The audience is silent and still. A dim light contours a man in boxing gloves and shorts, his slightly bent head and shoulders gleaming with sweat. There is a ripple of anticipation as he takes a deep breath, lifting gloved fists — in that moment, the figure is both the bow drawn taut and the arrow about to fly.

In an era where race is a hard, nearly visible line, Jay Jackson (Dion Johnstone) does not only have to fight with his fists, but with the very colour of his skin. With a determined eye on becoming a heavyweight boxing champion, he reaches for a prize that no black man has reached before, and with that bears the weight of over 200 years of segregation and racism.

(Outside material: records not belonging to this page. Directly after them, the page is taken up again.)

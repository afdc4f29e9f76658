//! The rows of a module's table `row`, each where it fits: its model, its name, its values. A key
//! of this table is read here, and its meaning stands in `specs/Preset`.

ghost use Rattle.std.specs.Prelude.{◌≡◌, ◌++◌, ◌∷◌, [], ◌≤◌, IfErr, IfOk, IsSomeAnd, None, Some, codes, decimal, length, map, option_map};
ghost use Rattle.toml.specs.View.{table_view, view};
ghost use Rattle.ob_base.specs.Limits.{max_fields};
ghost use Rattle.ob_load.specs.Access as access;
ghost use Rattle.ob_load.specs.AccessFaults.{form_fault, in_entry};
ghost use Rattle.ob_load.specs.Preset as spec;
ghost use Rattle.ob_load.specs.RowFaults as fits;
ghost use Rattle.ob_load.specs.Rooms.{AreGivenTo, BringsOn, IsGivenRow, IsOfText, Tells};
ghost use Rattle.ob_schema.specs.Models.{HasModel, model_at};

use crate::entry::Entry;
use crate::fault::{LoadFault, ModuleFault};
use crate::scope::{Scope, full_name, is_among};
use crate::values::{RowScope, RowValues};
use ob_base::{FieldNo, ModelNo, NoMemory, Sequence, Word};
use ob_module::{AtKey, Form, TableOf, found, listed_at, word_at};
use ob_schema::{FieldInfo, PresetRow, PresetValue};
use std::alloc::Global;
use toml::{Table, Value};

/// The rows that modules bring, so far.
#[derive(Drop)]
pub(crate) struct Brought {
    /// How many rows all groups have.
    pub(crate) first: usize,
    /// The rows behind these so far, by their full names, with their models.
    pub(crate) refs: Sequence<(Word, ModelNo)>,
    /// The rows of all groups, and the rows so far.
    pub(crate) rows: Sequence<PresetRow>,
}

impl Brought {
    /// The rows of all groups.
    pub(crate) fn behind(alloc: Global, rows: Sequence<PresetRow>) -> Brought
        ensures { result ≡ record { first = length rows; refs = []; rows = rows } }
    {
        Brought {
            first: rows.len(),
            refs: Sequence::new(alloc),
            rows,
        }
    }

    /// Adds a row by its full name.
    fn add(&mut self, name: Word, row: PresetRow) -> Result<(), NoMemory>
        ensures { IfOk result (λ _. self.new ≡ record { first = self.old.first; refs = self.old.refs ++ (name, row.model) ∷ []; rows = self.old.rows ++ row ∷ [] }) }
    {
        self.refs.push((name, row.model))?;
        self.rows.push(row)
    }
}

impl Scope<'_> {
    /// Adds the rows of a document, where all of them fit.
    pub(crate) fn add_rows(
        &self,
        document: &Table,
        names: &mut Sequence<Word>,
        brought: &mut Brought,
    ) -> Result<(), LoadFault>
        ensures fits { IfOk result (λ _. fits.rows_fault self.now.schema.now self.now.groups.now brought.old.first self.now.owner.now brought.old.refs names.old (table_view document.now) ≡ None) }
        ensures named { IfOk result (λ _. names.new ≡ names.old ++ map (access.ref_name self.now.owner.now) (access.entries_of (codes "row") (table_view document.now))) }
        ensures brought { IfOk result (λ _. BringsOn self.now.schema.now self.now.groups.now self.now.owner.now (access.entries_of (codes "row") (table_view document.now)) brought.old brought.new) }
        ensures fault { Tells result (fits.rows_fault self.now.schema.now self.now.groups.now brought.old.first self.now.owner.now brought.old.refs names.old (table_view document.now)) }
        ensures read { IfErr result IsOfText }
    {
        let entries = listed_at(document, "row");
        for (number, value) in entries.iter().enumerate() {
            let entry = Entry {
                table: "row",
                number,
                value,
            };
            let rows = RowScope {
                scope: *self,
                first: brought.first,
                refs: brought.refs.as_slice(),
            };
            let row = rows.row_from(names.as_slice(), entry)?;
            let name = self.ref_name(value)?;
            names.push(name.try_clone(self.alloc)?)?;
            brought.add(name, row)?;
        }
        Ok(())
    }

    /// The full name of a row.
    fn ref_name(&self, entry: &Value) -> Result<Word, NoMemory>
        ensures { IfOk result (λ name. name ≡ access.ref_name self.now.owner.now (view entry.now)) }
    {
        full_name(self.alloc, self.owner, word_at(entry, "ref"))
    }

    /// Whether the full name of a row is none of those that are taken.
    fn test_ref(&self, taken: &[Word], entry: Entry<'_>) -> Result<(), LoadFault>
        ensures free { IfOk result (λ _. fits.ref_is_free taken.now self.now.owner.now (view entry.entry.value.now) ≡ None) }
        ensures fault { Tells result (form_fault self.now.owner.now (in_entry entry.entry.table.now entry.entry.number
            (fits.ref_is_free taken.now self.now.owner.now (view entry.entry.value.now)))) }
        ensures read { IfErr result IsOfText }
    {
        let name = self.ref_name(entry.value)?;
        if is_among(taken, name.as_str()) {
            return Err(self.refused_key(entry, "ref"));
        }
        Ok(())
    }
}

impl RowScope<'_> {
    /// The row of an entry, where it fits.
    fn row_from(&self, taken: &[Word], entry: Entry<'_>) -> Result<PresetRow, LoadFault>
        ensures fits { IfOk result (λ _. fits.row_fits self.now.scope.schema.now self.now.scope.groups.now self.now.first self.now.refs.now taken.now self.now.scope.owner.now (view entry.entry.value.now) ≡ None) }
        ensures made { IfOk result (λ row. row ≡ spec.row_from self.now.scope.schema.now self.now.scope.groups.now self.now.first self.now.refs.now self.now.scope.owner.now entry.entry.number (view entry.entry.value.now)) }
        ensures fit { IfOk result (IsGivenRow self.now.scope.schema.now self.now.scope.groups.now self.now.first self.now.refs.now) }
        ensures fault { Tells result (form_fault self.now.scope.owner.now (in_entry entry.entry.table.now entry.entry.number
            (fits.row_fits self.now.scope.schema.now self.now.scope.groups.now self.now.first self.now.refs.now taken.now self.now.scope.owner.now (view entry.entry.value.now)))) }
        ensures read { IfErr result IsOfText }
    {
        let model = self.scope.model_of(entry)?;
        self.scope.test_ref(taken, entry)?;
        self.test_values(model, entry)?;
        let row = self.row_of(model, entry)?;
        Ok(row)
    }

    /// Whether the values of an entry are of the forms of its model's fields.
    fn test_values(&self, model: ModelNo, entry: Entry<'_>) -> Result<(), LoadFault>
        ensures fits { IfOk result (λ _. fits.values_fit self.now.scope.schema.now self.now.scope.groups.now self.now.first self.now.refs.now model (view entry.entry.value.now) ≡ None) }
        ensures fault { Tells result (form_fault self.now.scope.owner.now (in_entry entry.entry.table.now entry.entry.number
            (fits.values_fit self.now.scope.schema.now self.now.scope.groups.now self.now.first self.now.refs.now model (view entry.entry.value.now)))) }
        ensures read { IfErr result IsOfText }
    {
        let values = AtKey {
            key: "values",
            form: TableOf {
                keys: RowValues { rows: *self, model },
            },
        };
        match values.wrong(self.scope.alloc, entry.value)? {
            Some(wrong) => Err(self.scope.refused(entry, wrong, ModuleFault::Form)),
            None => Ok(()),
        }
    }

    /// The row of an entry over a model.
    fn row_of(&self, model: ModelNo, entry: Entry<'_>) -> Result<PresetRow, NoMemory>
        requires { HasModel self.now.scope.schema.now model }
        ensures made { IfOk result (λ row. row ≡ record {
          «module» = self.now.scope.owner.now;
          place = codes "row." ++ decimal entry.entry.number;
          model = model;
          values = spec.values_of self.now.scope.schema.now self.now.scope.groups.now self.now.first self.now.refs.now model (view entry.entry.value.now);
        }) }
        ensures fit { IfOk result (IsGivenRow self.now.scope.schema.now self.now.scope.groups.now self.now.first self.now.refs.now) }
    {
        let alloc = self.scope.alloc;
        let number = entry.number;
        let values = self.values_of(model, entry.value)?;
        Ok(PresetRow {
            module: Word::from_text(alloc, self.scope.owner)?,
            place: Word::new(format!(in alloc; "row.{number}")?),
            model,
            values,
        })
    }

    /// What an entry gives to the fields of a model.
    fn values_of(
        &self,
        model: ModelNo,
        entry: &Value,
    ) -> Result<Sequence<(FieldNo, PresetValue)>, NoMemory>
        requires { HasModel self.now.scope.schema.now model }
        ensures given { IfOk result (λ values. values ≡ spec.values_of self.now.scope.schema.now self.now.scope.groups.now self.now.first self.now.refs.now model (view entry.now)) }
        ensures fit { IfOk result (λ values. IsSomeAnd (model_at self.now.scope.schema.now model)
            (λ info. AreGivenTo self.now.scope.schema.now self.now.scope.groups.now self.now.first self.now.refs.now info.fields values)) }
    {
        let own = self.scope.schema.fields(model);
        match found(entry, "values") {
            Some(values) => self.values_in(model, own, values),
            None => Ok(Sequence::new(self.scope.alloc)),
        }
    }

    /// What a table of values gives to these fields, which are those of a model.
    fn values_in(
        &self,
        model: ModelNo,
        fields: &[FieldInfo],
        values: &Value,
    ) -> Result<Sequence<(FieldNo, PresetValue)>, NoMemory>
        requires same { option_map (λ info. info.fields) (model_at self.now.scope.schema.now model) ≡ Some fields.now }
        requires few { length fields.now ≤ max_fields }
        ensures given { IfOk result (λ given. given ≡ spec.values_given self.now.scope.schema.now self.now.scope.groups.now self.now.first self.now.refs.now (view values.now) 1 fields.now) }
        ensures fit { IfOk result (AreGivenTo self.now.scope.schema.now self.now.scope.groups.now self.now.first self.now.refs.now fields.now) }
    {
        let mut given = Sequence::new(self.scope.alloc);
        for (place, field) in fields.iter().enumerate() {
            let number = FieldNo(place as u16 + 1);
            if let Some(value) = self.value_in(model, number, field, values)? {
                given.push((number, value))?;
            }
        }
        Ok(given)
    }
}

Though he trains with his mentor Wynton (Alexander Thomas) and a young-and-upcoming boxer Fish (Christef Desir), he is taught that every man fights alone in the ring.

The Royale, a Soulpepper production by playwright Marco Ramirez, is a poignant and tension-filled exploration of a boxing match loosely based on the actual fighting career of Jack Johnson.  Over the course of six rounds, we catch a glimpse into the thoughts, fears, and lessons given to him by family and peers on his journey toward the heavyweight champion title

Ken MacKenzie‘s set design is simple and as rough as the era the play takes place in, tailored to look like a boxing ring of old. With minimal music, the play is driven seamlessly by its characters – often, we hear Wynton and Nina’s voice carrying through Jay’s mind, almost an equal opponent his fight as the men before him. Good pacing and smart dialogue makes The Royale shine. Though the characters fight with no actual physical exchanges, each actor on opposite sides of the stage, we get an opportunity to see the internal battles as well as outer, physical ones. When Jay swings, Fish flinches as if struck, stumbling back. When Fish strikes, we can see Jay dodge effortlessly. It makes for a beautiful and bloodless interpretation of each round and allows for running commentary of each character’s thoughts and struggles.

Jay Jackson is confidently at home in the ring, and Johnstone comfortably embodies his swaggering confidence. He adopts Fish as a sparring partner after getting a sense for the young man’s blossoming boxing talent, and their playful roughhousing breaks a few moments of tension with subtle artfulness. One gets the sense that the Jackson doesn’t think much of his effect on the Americans watching his rise to the top. The same selfish, single-mindedness that helps him achieve his dreams is also responsible for his almost complete ignorance to the racial tension that builds around him, and it is an ignorance that costs not only him, but his family and friends. When his sister Nina comes to visit him, played by the well-poised Sabryn Rock, her fearful words echo in his mind later as he squares off against the previous heavyweight champion and adds to the tension of what exactly he stands to lose to the wrath of the public by daring to fight in a white man’s world.

Jay Jackson’s white promoter Max (Diego Matamoros) is filled with these same prejudices, the script reflecting these deeply ingrained and poorly attributed ideas that seem to slip out of him without him noticing. At one point he compares Jackson to an animal in what is surely meant to be complimentary, but only starkly expresses his own internal racist ideas of even the man who indirectly puts food on his table. We get a sharp taste of what was considered acceptable lines of query toward a black man when Matamoros steps lightly into the shoes of various news reporters, firing questions that would elicit angry gasps and murmurs from today’s crowd.

The Royale is a splendid play, and a must-see even for those who aren’t boxing fans. With a strong script and a startling denouement, viewers will be drawn into a story that perfectly encapsulates bittersweet victory.